• [Task prompt]
Below this line is the material. Write out only its lines from the one containing "its clips leave." through the one containing "let mut open: Vec<Open>", both kept, exactly.
(Available data Opens)
//! Clips that a slice shares, and what it shows.

use super::made::Shape::{Narrow, Outside, Round, Wide};
use super::made::{Clipped, HALF, Piece, rect, slices_of};
use picture_slices::Slice;
use std::process::Abort;
use std::test::Fail;

/// What a slice shows, from (x0, y0) to (x1, y1).
type Shown = (u8, u8, u8, u8);

/// The clips of a solid and of a group, both of the scroll frame 1; what their slice shows; how many clips it shares.
type Case = (&'static [Clipped], &'static [Clipped], Shown, usize);

const VIEW: Shown = (0, 0, 6, 5);

const WIDE: Shown = (0, 0, 4, 4);

const NARROW: Shown = (1, 0, 3, 3);

/// Rectangle clips of other homes are shared, up to the first that isn't.
const CASES: [Case; 8] = [
    (&[(Wide, 0)], &[(Wide, 0), (Round, 0)], WIDE, 1),
    (
        &[(Wide, 2), (Narrow, 0)],
        &[(Wide, 2), (Narrow, 0)],
        NARROW,
        2,
    ),
    (&[], &[(Wide, 0)], VIEW, 0),
    (&[(Round, 0), (Wide, 0)], &[(Round, 0), (Wide, 0)], VIEW, 0),
    (
        &[(Wide, 0), (Narrow, 1), (Wide, 0)],
        &[(Wide, 0), (Narrow, 1), (Wide, 0)],
        WIDE,
        1,
    ),
    (
        &[(Outside, 0), (Wide, 0)],
        &[(Outside, 0), (Wide, 0)],
        VIEW,
        0,
    ),
    (&[(Wide, 0)], &[(Wide, 2)], VIEW, 0),
    (&[(Wide, 0)], &[(Narrow, 0)], VIEW, 0),
];

/// A solid under these clips, and a group under those.
fn pair<'a>(clips: &'a [Clipped], others: &'a [Clipped]) -> [Piece<'a>; 2] {
    let first = Piece {
        scroll: 1,
        clips,
        colour: HALF,
        is_group: false,
    };
    let second = Piece {
        clips: others,
        is_group: true,
        ..first
    };
    [first, second]
}

/// Expects the entry at an index to have so many clips.
fn expect_clips(rt: &impl Abort, slice: &Slice, index: usize, count: usize) {
    let found = slice
        .entries
        .get(index)
        .map_or(usize::MAX, |e| e.clips().len());
    assert_eq!(rt; found, count, "clips of entry {index}");
}

/// Expects the slice of a case. The first entries of both lose the shared clips, the group's solid keeps all.
fn expect(rt: &(impl Abort + AllocGlobal), case: &Case) -> Result<(), Fail> {
    let (clips, others, (x0, y0, x1, y1), shared) = *case;
    let slices = slices_of(rt.alloc(), &pair(clips, others))?;
    let slice = slices.first().ok_or("no slice")?;
    assert_eq!(rt; slice.shown, rect(x0, y0, x1, y1)?);
    assert_eq!(rt; slice.entries.len(), 5);
    expect_clips(rt, slice, 0, clips.len().saturating_sub(shared));
    expect_clips(rt, slice, 1, others.len().saturating_sub(shared));
    expect_clips(rt, slice, 2, others.len());
    Ok(())
}

#[test]
fn rectangle_clips_of_other_homes_are_shared(rt: HostRuntime) -> Result<(), Fail> {
    for case in &CASES {
        expect(&rt, case)?;
    }
    Ok(())
}
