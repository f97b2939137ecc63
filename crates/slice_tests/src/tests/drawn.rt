//! Entries drawn plainly at one pixel.

use blend_rules::{Mode, Px, blend, mul, scale};
use clip_masks::Clip;
use image_store::Store;
use primitives::{Entry, colour_at};
use std::alloc::{AllocError, Global};
use wr_geom::Point;

/// A colour over another, clear where one of them is no premultiplied colour.
pub(crate) fn over(mode: Mode, source: Px, backdrop: Px) -> Px {
    if !source.is_premultiplied() || !backdrop.is_premultiplied() {
        return Px::CLEAR;
    }
    blend(mode, source, backdrop)
}

/// What clips leave of 255.
fn cover(clips: &[Clip], at: Point) -> u8 {
    let mut left = 255;
    for clip in clips {
        left = mul(left, clip.cover(at.x, at.y));
    }
    left
}

/// An open group: the colour below it, its opacity, its mode and what its clips leave.
type Open = (Px, u8, Mode, u8);

/// What entries paint over a backdrop.
pub(crate) fn drawn(
    alloc: Global,
    entries: &[Entry],
    store: &Store,
    at: Point,
    backdrop: Px,
) -> Result<Px, AllocError> {
    let mut top = backdrop;
    let mut open: Vec<Open> = Vec::new(alloc);
    for entry in entries {
        let left = cover(entry.clips(), at);
        match entry {
            Entry::Primitive(p) => {
                let colour = scale(colour_at(p, store, at.x, at.y), left);
                top = over(Mode::Normal, colour, top);
            }
            Entry::Push { opacity, mode, .. } => {
                open.push((top, *opacity, *mode, left))?;
                top = Px::CLEAR;
            }
            Entry::Pop => {
                if let Some((below, opacity, mode, cover)) = open.pop() {
                    top = over(mode, scale(scale(top, opacity), cover), below);
                }
            }
        }
    }
    Ok(top)
}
(Available data Closes)
• [Answer to the exercise]
/// An open group: the colour below it, its opacity, its mode and what its clips leave.
type Open = (Px, u8, Mode, u8);

/// What entries paint over a backdrop.
pub(crate) fn drawn(
    alloc: Global,
    entries: &[Entry],
    store: &Store,
    at: Point,
    backdrop: Px,
) -> Result<Px, AllocError> {
    let mut top = backdrop;
    let mut open: Vec<Open> = Vec::new(alloc);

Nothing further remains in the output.